# Jekyll & Hyde Blowout!



## LV Scott T (Aug 14, 2007)

I just bought a 2-bottle set of Jekyll & Hyde for $19.95 (regularly $50)! A liquor store in Henderson, NV, bought a bunch last year, and didn't sell all of them, so they're blowing them out. We're going to crack them open next week, and if they taste half as good as they look, we're going to buy a bunch more.

You might want to check around your areas for similar deals.

http://www.drinkjekyllandhyde.com

PS: Anybody ever had this? How does it taste?


----------



## MHooch (Jun 15, 2007)

I've never had it, but it sounds great. I looked at the recipes on the website and I really liked the sound of the shot with tequila layered into it. The recipe said "Be warned." Yikes!

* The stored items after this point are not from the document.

ghost use Rattle.std.specs.Prelude.{◌≡◌, IfOk, OnOk, OnErr};
ghost use Rattle.std.specs.List.{flat_map};
ghost use Rattle.std.specs.Io.KnownBytes.{append_known};
ghost use Rattle.text_journal.specs.Journal.{entry_line};
ghost use Rattle.serve_journal.specs.Bytes.{cut_to};
ghost use Rattle.serve_journal.specs.Shown.{last_kept};

use crate::durable_file::DurableFile;
use crate::kept::Kept;
use rbc_line::Line;
use std::alloc::{AllocError, Global};
use std::io;
use std::io::ErrorKind;
use std::marker::Model;
use text_journal::{Entry, add_entry};

/// A journal on a disk. Contracts see it as its durable bytes.
#[derive(Drop)]
pub struct JournalFile<F: DurableFile> {
    file: F,
    /// The number of durable bytes.
    durable_length: u64,
    /// Whether the file may have more bytes than those, as after a failed call.
    is_torn: bool,
}

impl<F: DurableFile> Model for JournalFile<F> {
    ghost use Rattle.std.specs.Prelude.{◌≡◌, ℕ, List, Option, length, false, IfSome};
    ghost use Rattle.serve_journal.specs.Bytes.{cut_to};

    ghost Value = { Option (List ℕ) };

    ghost view = { λ f. F.durable f.file };

    ghost invariant = { λ f. IfSome (F.durable f.file) (λ bytes. length bytes ≡ f.durable_length)
        × (cut_to f.durable_length (F.contents f.file) ≡ F.durable f.file)
        × (f.is_torn ≡ false → F.contents f.file ≡ F.durable f.file) };
}

impl<F: DurableFile + Drop> JournalFile<F> {
    /// Keeps the first `length` bytes of a file, and waits until they are durable. A shorter file is an error.
    pub fn open(mut file: F, length: u64) -> io::Result<JournalFile<F>>
        ensures { IfOk result (λ journal. journal ≡ cut_to length (F.contents file)) }
    {
        file.cut(length)?;
        file.sync()?;
        Ok(JournalFile {
            file,
            durable_length: length,
            is_torn: false,
        })
    }

    /// Appends a text, and waits until it is durable. After an error the durable bytes are as before, and the next call
    /// takes off any part of the text that was written.
    pub fn add(&mut self, text: &[u8]) -> io::Result<()>
        ensures ok { OnOk result (self.new ≡ append_known self.old text.now) }
        ensures err { OnErr result (self.new ≡ self.old) }
    {
        let Some(length) = self.durable_length.checked_add(text.len() as u64) else {
            return Err(io::Error::from(ErrorKind::FileTooLarge));
        };
        if self.is_torn {
            self.file.cut(self.durable_length)?;
        }
        self.is_torn = true;
        self.file.append(text)?;
        self.file.sync()?;
        self.durable_length = length;
        self.is_torn = false;
        Ok(())
    }

    /// Appends the lines of entries, and waits until they are durable. The result shows the last of them, and is `None`
    /// without an entry. After an error the durable bytes are as before.
    pub fn keep(
        &mut self,
        alloc: Global,
        line: &Line,
        entries: &[Entry],
    ) -> io::Result<Option<Kept>>
        ensures ok { OnOk result (self.new ≡ append_known self.old (flat_map (entry_line line.now) entries.now)) }
        ensures last { IfOk result (λ kept. kept ≡ last_kept entries.now) }
        ensures err { OnErr result (self.new ≡ self.old) }
    {
        let Some(last) = entries.last() else {
            return Ok(None);
        };
        let Ok(text) = lines_of(alloc, line, entries) else {
            return Err(io::Error::from(ErrorKind::OutOfMemory));
        };
        self.add(&text)?;
        Ok(Some(Kept {
            centre: last.centre(),
            stamp: last.stamp,
        }))
    }
}

// The lines of entries, each with its line feed.
fn lines_of(alloc: Global, line: &Line, entries: &[Entry]) -> Result<Vec<u8>, AllocError>
    ensures { IfOk result (λ text. text.items ≡ flat_map (entry_line line.now) entries.now) }
{
    let mut text = Vec::new(alloc);
    for entry in entries {
        add_entry(alloc, line, entry, &mut text)?;
    }
    Ok(text)
}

Let us know how it tastes.


----------



## frforums (Jan 20, 2008)

Ok, we are going to have to get some of that for our next office party!!!


----------



## tallula_g (Sep 19, 2006)

LV Scott T,

I am going to Vegas next weekend. Is it Lee's Liquor that's got them? If so which store. I would really like to buy a bottle. I didn't even see them last year. 

BTW I live in Kingman and come to Vegas at least once a month. Keep me up to date on the good sales!! Thanks.


----------



## LV Scott T (Aug 14, 2007)

tallula_g said:


> LV Scott T,
> 
> I am going to Vegas next weekend. Is it Lee's Liquor that's got them? If so which store. I would really like to buy a bottle. I didn't even see them last year.
> 
> BTW I live in Kingman and come to Vegas at least once a month. Keep me up to date on the good sales!! Thanks.


Yes, Lee's Liquor on Sunset (next to Outback), east of Green Valley Parkway.

T minus 9


----------



## tallula_g (Sep 19, 2006)

Thank You, that's the one I usually go to. My father lives close to it.


----------



## Dr. Z (Nov 22, 2007)

Hey, This looks good! What is this exactly? Never heard nor seen before


----------



## LV Scott T (Aug 14, 2007)

Ok, we opened the bottles last night... and we ARE going back for more! I don't drink, but I sniffed each of the bottles before pouring a shot for my son (yes, he's 21). The red stuff (berry liqueur) smelled like strong cough syrup and the black stuff (spicy herbal liqueur) smelled kinda earthy. They layer nicely, with red Jekyll on the bottom and the darker Hyde floating on top.

My son (the taste tester) says it was like doing a shot of Jager followed by a smooth, slightly-sweet chaser, all in 1 glass. He's hooked, and plans on buying a bunch for himself (to take to parties).

T Minus 3


----------



## Dr. Z (Nov 22, 2007)

LV Scott T said:


> My son (the taste tester) says it was like doing a shot of Jager


You mean Jagermeister liquor? 
Have you to mix together the 2 kind of liquors before drinking or is it just an option? 

That makes me really confused, I never seen something like that before...


----------